Partial tandem duplication of mtDNA-tRNA(Phe) impairs mtDNA translation in late-onset mitochondrial myopathy

Abstract

An 80-year-old woman (PI) has been suffering of late onset progressive weakness and wasting of lower-limb muscles, accompanied by high creatine kinase levels in blood. A muscle biopsy, performed at 63 years, showed myopathic features with partial deficiency of cytochrome c oxidase. A second biopsy taken 7 years later confirmed the presence of a mitochondrial myopathy but also of vacuolar degeneration and other morphological features resembling inclusion body myopathy. Her 46-year-old daughter (PII) and 50-year-old son (PIII) are clinically normal, but the creatine kinase levels were moderately elevated and the EMG was consistently myopathic in both. Analysis of mitochondrial DNA sequence revealed in all three patients a novel, homoplasmic 15 bp tandem duplication adjacent to the 5' end of mitochondrial tRNA(Phe) gene, encompassing the first 11 nucleotides of this gene and the four terminal nucleotides of the adjacent D-loop region. Both mutant fibroblasts and cybrids showed low oxygen consumption rate, reduced mitochondrial protein synthesis, and decreased mitochondrial tRNA(Phe) amount. These findings are consistent with an unconventional pathogenic mechanism causing the tandem duplication to interfere with the maturation of the mitochondrial tRNA(Phe) transcript.

Fig. 1

Morphological analysis: PI muscle biopsies at 63 (A) and 70 (B) years of age. Panels a, d: H&E; note the fiber size variation and numerous centralized nuclei in a, with severe worsening in d. Panels b, e: Gomori trichrome; a pre-ragged red fiber is present in b, whereas several fibers contain rimmed vacuoles in e. Panel c, f: COX + SDH histochemistry; numerous SDH-positive, COX-depleted blue fibers are present in both samples. Magnification of panels A (a, b, c), referring to the first biopsy, is 20×. Magnification of panels B (d, e, f), referring to the second biopsy, is 40×, due to the scarcity of muscle tissue.

Fig. 2

MtDNA analysis: (A) Electropherogram and schematic representation of the 15 bp duplication.
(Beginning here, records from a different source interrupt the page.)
//! Why the system did not serve a file, in words.

use cdf_store::{FileFailure, FileKind, Stream, SystemError};
use std::fmt;
use std::io::ErrorKind;

/// An error of the system that has no kind of its own in words, by the number that Linux has for it.
fn words_of_number(number: i32) -> Option<&'static str> {
    match number {
        5 => Some("input/output error"),
        6 | 19 => Some("the device is not there"),
        23 => Some("the system has too many files open"),
        24 => Some("this program has too many files open"),
        _ => None,
    }
}

/// An error of the system in words, by its kind.
fn words_of_error(kind: ErrorKind) -> Option<&'static str> {
    let words = match kind {
        ErrorKind::NotFound => "the file or a folder above it is not there",
        ErrorKind::PermissionDenied => "there is no permission",
        ErrorKind::AlreadyExists => "the file is there already",
        ErrorKind::WouldBlock => "the file is in use",
        ErrorKind::NotADirectory => "a part of the path is no folder",
        ErrorKind::IsADirectory => "it is a folder",
        ErrorKind::ReadOnlyFilesystem => "the file system can only be read",
        ErrorKind::FilesystemLoop => "there are too many symbolic links on the path",
        ErrorKind::StaleNetworkFileHandle => "the file server no longer has the file",
        ErrorKind::InvalidInput => "the name or the place is one that the system does not take",
        ErrorKind::InvalidData => "the system gave what is not UTF-8",
        ErrorKind::TimedOut => "the device did not answer in time",
        ErrorKind::WriteZero => "the device takes no more bytes",
        ErrorKind::StorageFull => "no space is left on the device",
        ErrorKind::NotSeekable => "the file has no places to write at",
        ErrorKind::QuotaExceeded => "the quota of space is used up",
        ErrorKind::FileTooLarge => "the file would be larger than the system allows",
        ErrorKind::ResourceBusy => "the device is busy",
        ErrorKind::ExecutableFileBusy => "the file is a program that is running",
        ErrorKind::Deadlock => "the file is locked",
        ErrorKind::TooManyLinks => "the file has too many links",
        ErrorKind::InvalidFilename => "the name is too long, or is none for this file system",
        ErrorKind::Interrupted => "the call was interrupted again and again",
        ErrorKind::Unsupported => "the device cannot do this",
        ErrorKind::UnexpectedEof => "the file ended too early",
        ErrorKind::OutOfMemory => "the system has no memory",
        _ => return None,
    };
    Some(words)
}

/// Writes why the system refused a call: in words, or by its number where there are none for it.
fn write_error<W: fmt::Write>(error: SystemError, f: &mut fmt::Formatter<W>) -> fmt::Result {
    let by_number = match error.number {
        Some(number) => words_of_number(number),
        None => None,
    };
    match (by_number.or(words_of_error(error.kind)), error.number) {
        (Some(words), _) => f.write_str(words),
        (None, Some(number)) => write!(f, "the system's error number {number}"),
        (None, None) => f.write_str("the system gives a reason that is not known here"),
    }
}

/// What a name leads to that is no regular file.
fn words_of_kind(kind: FileKind) -> &'static str {
    match kind {
        FileKind::Folder => "it is a folder, and no regular file",
        FileKind::Fifo => "it is a pipe, and no regular file",
        FileKind::Socket => "it is a socket, and no regular file",
        FileKind::CharacterDevice => "it is a character device, and no regular file",
        FileKind::BlockDevice => "it is a block device, and no regular file",
        FileKind::Other => "it is no regular file",
    }
}

/// A file that this program has as one of its streams.
fn words_of_stream(stream: Stream) -> &'static str {
    match stream {
        Stream::Input => "it is this program's standard input",
        Stream::Output => "it is this program's standard output",
        Stream::Error => "it is this program's standard error",
    }
}

/// Why a call on a file failed, to be written in words.
#[derive(Clone, Copy, Debug)]
pub struct Cause(pub FileFailure);

impl fmt::Display for Cause {
    fn fmt<W: fmt::Write>(&self, f: &mut fmt::Formatter<W>) -> fmt::Result {
        match self.0 {
            FileFailure::NotRegular(kind) => f.write_str(words_of_kind(kind)),
            FileFailure::Changed => {
                f.write_str(
                    "another program changed it, or put another file in its place, since it was opened",
                )
            }
            FileFailure::ChangedWhileRead => {
                f.write_str("another program changed it while it was read, three times")
            }
            FileFailure::Locked => {
                f.write_str("locked by another program, which may be saving it")
            }
            FileFailure::IsStream(stream) => f.write_str(words_of_stream(stream)),
            FileFailure::StandardStream => f.write_str("it is open as a standard stream"),
            FileFailure::NotWritable(error) => {
                f.write_str("it can be read, and not be written: ")?;
                write_error(error, f)
            }
            FileFailure::System(error) => write_error(error, f),
        }
    }
}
Arrows indicate the H1 and H2 promoters with the corresponding nucleotide positions. Underlined letters indicate the duplicated stretch. The same color code is used in the scheme and sequence letters to indicate the D-loop (ocre) and tRNA^Phe gene (lilac). (B) Scheme of the human mtDNA. Hooked arrows indicate the two promoters of the heavy strand (H₁, H₂) and that of the light strand (L₁). The mt-tRNAs are denominated as the corresponding aminoacid residues expressed in the single-letter code.

Fig. 3

Biochemical analysis: (A) RC complex activities normalized to CS and expressed as percentage of the mean control value. (B) Oxygen consumption rate (OCR) in cells. Note that for fibroblasts, values were measured as O₂ fmol/min/cell, whereas for cybrids values were measured as O₂ fmol/min normalized to the amount of mtDNA. Ctrl: control. Vertical bars indicate the standard deviations. Unpaired, two-tail Student’s t test: *p < 0.05; **p < 0.0005.

Fig. 4

In organello translation and tRNA analysis: (A) Mitochondrial protein synthesis. [³⁵S]-labeled mtDNA translation products. ND: subunits of complex I; CO: subunits of complex IV (COX); cyb: cytochrome b (complex III); ATPase: subunits of complex V (ATP synthase). Note the reduced intensity of the bands from mutant cybrids compared to 143B cells. (B) Northern-blot analysis of total and aminoacylated mt-tRNA transcripts. Top panel: Northern-blot analysis indicating the total amount of each mt-tRNA transcript. Bottom panel: aminoacylation assay. Analysis of the aminoacylation capacity in mutant and control cells performed using ³H-labeled amino acids. (C) Quantitative analysis of mt-RNA transcripts. Quantitative real-time PCR of mitochondrial H-strand transcripts relative to ND6 mRNA in mutant cybrids and 143B control cells.